• [Requirement]: Each entry below should be reproduced character for character.

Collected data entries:

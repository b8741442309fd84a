//! Updates of one subscriber's data, of which another one overwrites some.
use super::forwardings::{EXPLAINED, SUCCESS, UNEXPLAINED, answered, ends, facility, fresh};
use super::to_rows::leads_with;
use rand_pcg::Pcg64;
use std::alloc::{AllocError, Global};
use std::test::Fail;
use tatp_calls::Call;
use tatp_homes::{Home, homes};
use tatp_population::generate;

/// Columns of a Subscriber row and of a Special_Facility row.
const BIT_1: u8 = 2;

const DATA_A: u8 = 44;

fn update(sf_type: u64, bit_1: u64, data_a: u64) -> Call {
    Call::UpdateSubscriberData {
        s_id: 1,
        bit_1,
        sf_type,
        data_a,
    }
}

/// The home with these values.
fn with_data(home: &Home, sf_type: u64, bit_1: u64, data_a: u64) -> Home {
    let mut rows = home.copy();
    let _ = rows.put(BIT_1, [1, 0, 0], bit_1);
    let _ = rows.put(DATA_A, [1, sf_type, 0], data_a);
    rows
}

/// A home of subscriber 1 with several facilities.
fn with_facilities(alloc: Global) -> Result<Option<Home>, AllocError> {
    let rows = generate(alloc, 1, &mut Pcg64::new(9, 0))?;
    let mut all = homes(alloc, &rows)?;
    Ok(all.pop())
}

/// The last facility of subscriber 1.
fn last_facility(home: &Home) -> u64 {
    let mut last = 0;
    for sf_type in 1..5 {
        if home.has_facility(1, sf_type) {
            last = sf_type;
        }
    }
    last
}

#[test]
fn updates_that_may_be_left_out(rt: HostRuntime) -> Result<(), Fail> {
    let alloc = rt.alloc();
    let home = fresh(alloc)?.expect(&rt, "a home");
    let t = facility(&home);
    // the last may follow on each of the first three, or they may follow on it: with four
    // configurations all of that is decided
    let events = [
        answered(1, update(t, 0, 7), 6, SUCCESS),
        answered(2, update(t, 0, 8), 7, SUCCESS),
        answered(3, update(t, 0, 9), 8, SUCCESS),
        answered(4, update(t, 1, 5), 5, SUCCESS),
        ends(4, 5),
        ends(1, 6),
        ends(2, 7),
        ends(3, 8),
    ];
    let last = leads_with(alloc, &home, &events, &with_data(&home, t, 1, 5), 4)?;
    let second = leads_with(alloc, &home, &events, &with_data(&home, t, 0, 8), 4)?;
    let mixed = leads_with(alloc, &home, &events, &with_data(&home, t, 1, 8), 4)?;
    assert_eq!(rt; (last, second, mixed), (EXPLAINED, EXPLAINED, UNEXPLAINED));
    Ok(())
}

#[test]
fn data_of_another_facility(rt: HostRuntime) -> Result<(), Fail> {
    let alloc = rt.alloc();
    let home = with_facilities(alloc)?.expect(&rt, "a home");
    let t = facility(&home);
    let other = last_facility(&home);
    let before = with_data(&home, other, 0, 3);
    let events = [
        answered(1, update(other, 0, 9), 4, SUCCESS),
        answered(2, update(t, 1, 5), 3, SUCCESS),
        ends(2, 3),
        ends(1, 4),
    ];
    let both = with_data(&with_data(&before, other, 0, 9), t, 1, 5);
    let one = with_data(&before, t, 1, 5);
    let there = leads_with(alloc, &before, &events, &both, 8)?;
    let left_out = leads_with(alloc, &before, &events, &one, 8)?;
    assert_eq!(rt;
        (t == other, there, left_out),
        (false, EXPLAINED, UNEXPLAINED)
    );
    Ok(())
}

• [Solution to this problem]:
repository b8741442309fd84a
//! Updates of one subscriber's data, of which another one overwrites some.
use super::forwardings::{EXPLAINED, SUCCESS, UNEXPLAINED, answered, ends, facility, fresh};
use super::to_rows::leads_with;
use rand_pcg::Pcg64;
use std::alloc::{AllocError, Global};
use std::test::Fail;
use tatp_calls::Call;
use tatp_homes::{Home, homes};
use tatp_population::generate;

/// Columns of a Subscriber row and of a Special_Facility row.
const BIT_1: u8 = 2;

const DATA_A: u8 = 44;

fn update(sf_type: u64, bit_1: u64, data_a: u64) -> Call {
    Call::UpdateSubscriberData {
        s_id: 1,
        bit_1,
        sf_type,
        data_a,
    }
}

/// The home with these values.
fn with_data(home: &Home, sf_type: u64, bit_1: u64, data_a: u64) -> Home {
    let mut rows = home.copy();
    let _ = rows.put(BIT_1, [1, 0, 0], bit_1);
    let _ = rows.put(DATA_A, [1, sf_type, 0], data_a);
    rows
}

/// A home of subscriber 1 with several facilities.
fn with_facilities(alloc: Global) -> Result<Option<Home>, AllocError> {
    let rows = generate(alloc, 1, &mut Pcg64::new(9, 0))?;
    let mut all = homes(alloc, &rows)?;
    Ok(all.pop())
}

/// The last facility of subscriber 1.
fn last_facility(home: &Home) -> u64 {
    let mut last = 0;
    for sf_type in 1..5 {
        if home.has_facility(1, sf_type) {
            last = sf_type;
        }
    }
    last
}

#[test]
fn updates_that_may_be_left_out(rt: HostRuntime) -> Result<(), Fail> {
    let alloc = rt.alloc();
    let home = fresh(alloc)?.expect(&rt, "a home");
    let t = facility(&home);
    // the last may follow on each of the first three, or they may follow on it: with four
    // configurations all of that is decided
    let events = [
        answered(1, update(t, 0, 7), 6, SUCCESS),
        answered(2, update(t, 0, 8), 7, SUCCESS),
        answered(3, update(t, 0, 9), 8, SUCCESS),
        answered(4, update(t, 1, 5), 5, SUCCESS),
        ends(4, 5),
        ends(1, 6),
        ends(2, 7),
        ends(3, 8),
    ];
    let last = leads_with(alloc, &home, &events, &with_data(&home, t, 1, 5), 4)?;
    let second = leads_with(alloc, &home, &events, &with_data(&home, t, 0, 8), 4)?;
    let mixed = leads_with(alloc, &home, &events, &with_data(&home, t, 1, 8), 4)?;
    assert_eq!(rt; (last, second, mixed), (EXPLAINED, EXPLAINED, UNEXPLAINED));
    Ok(())
}

#[test]
fn data_of_another_facility(rt: HostRuntime) -> Result<(), Fail> {
    let alloc = rt.alloc();
    let home = with_facilities(alloc)?.expect(&rt, "a home");
    let t = facility(&home);
    let other = last_facility(&home);
    let before = with_data(&home, other, 0, 3);
    let events = [
        answered(1, update(other, 0, 9), 4, SUCCESS),
        answered(2, update(t, 1, 5), 3, SUCCESS),
        ends(2, 3),
        ends(1, 4),
    ];
    let both = with_data(&with_data(&before, other, 0, 9), t, 1, 5);
    let one = with_data(&before, t, 1, 5);
    let there = leads_with(alloc, &before, &events, &both, 8)?;
    let left_out = leads_with(alloc, &before, &events, &one, 8)?;
    assert_eq!(rt;
        (t == other, there, left_out),
        (false, EXPLAINED, UNEXPLAINED)
    );
    Ok(())
}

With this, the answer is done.